LLaVA-VL / LLaVA-NeXT

Apache License 2.0
2.83k stars 229 forks source link

Question regarding multi image inference - import vs demo #90

Open S-Mahoney opened 4 months ago

S-Mahoney commented 4 months ago

Hi, was just testing to see if I could reform the same results from your demo as in an import code. I was attempting to prompt two images and then ask for comparisons. The demo performs this very well with two images uploaded:

image

However, attempting to upload to images using your multi-image inference method described on your examples: https://huggingface.co/docs/transformers/en/model_doc/llava_next does not behave in the same way, plus the method you have posted when run only describes the last image (of a snowman) completely ignoring the first 2.

I was wondering the structure of a prompt required for this? Or if the public Transformers version is not up-to-date for multi-image inference?

FengLi-ust commented 4 months ago

Hi, are you using the llava-next-interleave model or the original single-image model?

zihaolucky commented 4 months ago

@FengLi-ust I found similar issue. The interleave demo process multiple inputs and stack them in (img_num, 3, 384, 384),

https://github.com/LLaVA-VL/LLaVA-NeXT/blob/inference/playground/demo/interleave_demo.py#L153-L162

    image_list=[]
    for f in images_this_term:
        if is_valid_video_filename(f):
            image_list+=sample_frames(f, our_chatbot.num_frames)
        else:
            image_list.append(load_image(f))
    image_tensor = [our_chatbot.image_processor.preprocess(f, return_tensors="pt")["pixel_values"][0].half().to(our_chatbot.model.device) for f in image_list]

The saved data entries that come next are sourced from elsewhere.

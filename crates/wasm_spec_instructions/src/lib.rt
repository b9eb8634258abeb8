//! Declarative typing of instructions: the rules of the WebAssembly Core Specification 3.0
//! (Validation, Instructions) on structured code, and that the machine accepts what they type.
#![tactic(auto)]

ghost use Rattle.wasm_spec_instructions.specs.Names.{InstructionsHaveTheirRules};
ghost use Rattle.wasm_spec_instructions.specs.FixedShapes.{FixedTypesHaveTheirRules};
ghost use Rattle.wasm_spec_instructions.specs.Consequences.{ScopesMayGrow, SequencesCompose, TypedCodeIsProper, ResultsArePrincipal};
ghost use Rattle.wasm_spec_instructions.specs.Laws.{AcceptedCodeIsWithoutLegacy, Soundness, SoundnessWithoutSharing, Completeness, CodeIsUnique, WorldsAreInOrder, AcceptedWorldsAreInOrder};

/// What the rules type, the machine accepts.
pub fn algorithm_is_complete<R>()
    ensures { Completeness R }
{}

/// Where legacy exceptions are off, the machine accepts no operator of theirs.
#[tactic(auto, using(crate::proofs::MainTheorems::accepted_code_is_without_legacy))]
pub fn accepted_code_is_without_legacy<R>()
    ensures { AcceptedCodeIsWithoutLegacy R }
{}

/// What the machine accepts, the rules type: code without conversions of references, or else
/// without branches by a table.
#[tactic(auto, using(crate::proofs::MainTheorems::soundness))]
pub fn algorithm_is_sound<R>()
    ensures { Soundness R }
{}

/// Where nothing is shared, whatever the machine accepts, the rules type.
#[tactic(auto, using(crate::proofs::MainTheorems::soundness_without_sharing))]
pub fn algorithm_is_sound_without_sharing<R>()
    ensures { SoundnessWithoutSharing R }
{}

/// A flat list of instructions is written for one structured code at most.
#[tactic(auto, using(crate::proofs::CodeUniqueness::code_is_unique))]
pub fn code_is_unique()
    ensures { CodeIsUnique }
{}

/// Matching is an order in each world whose tests are right, where supertypes keep their kind and
/// shared flag.
#[tactic(auto, using(crate::proofs::Orders::worlds_are_in_order))]
pub fn worlds_are_in_order<R>()
    ensures { WorldsAreInOrder R }
{}

/// Read for single instructions, the rules of shapes are the standard's.
#[tactic(auto, using(crate::proofs::Names::instructions_have_their_rules))]
pub fn instructions_have_their_rules<R>()
    ensures { InstructionsHaveTheirRules R }
{}

/// So are those of instructions whose types the context fixes.
#[tactic(auto, using(crate::proofs::FixedTypeRules::fixed_types_have_their_rules))]
pub fn fixed_types_have_their_rules<R>()
    ensures { FixedTypesHaveTheirRules R }
{}

/// In a world of accepted types matching is an order, and without shared types nothing is shared.
pub fn accepted_worlds_are_in_order<R>()
    ensures { AcceptedWorldsAreInOrder R }
{}

/// What is typed in a scope is typed in each with more labels, results and locals that are set.
#[tactic(auto, using(crate::proofs::ScopeGrowth::scopes_may_grow))]
pub fn scopes_may_grow<R>()
    ensures { ScopesMayGrow R }
{}

/// The rule of sequences holds of any code in place of the first instruction.
#[tactic(auto, using(crate::proofs::Composition::sequences_compose))]
pub fn sequences_compose<R>()
    ensures { SequencesCompose R }
{}

/// Code that is typed is proper.
#[tactic(auto, using(crate::proofs::ScopeGrowth::typed_code_is_proper))]
pub fn typed_code_is_proper<R>()
    ensures { TypedCodeIsProper R }
{}

/// Where nothing is shared, the types that code gives from some are determined up to subsumption.
#[tactic(auto, using(crate::proofs::PrincipalTypes::results_are_principal))]
pub fn results_are_principal<R>()
    ensures { ResultsArePrincipal R }
{}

    image_tensor = torch.stack(image_tensor)
    image_token = DEFAULT_IMAGE_TOKEN*num_new_images

while I think it should be in anyres way with size (img_num, k, 3, 384, 384)

Did you have same problem? @S-Mahoney

FengLi-ust commented 4 months ago

Hi, (img_num, 3, 384, 384) works for our model for multi-image setting. (img_num, k, 3, 384, 384) also works for our model to process anyres single-image.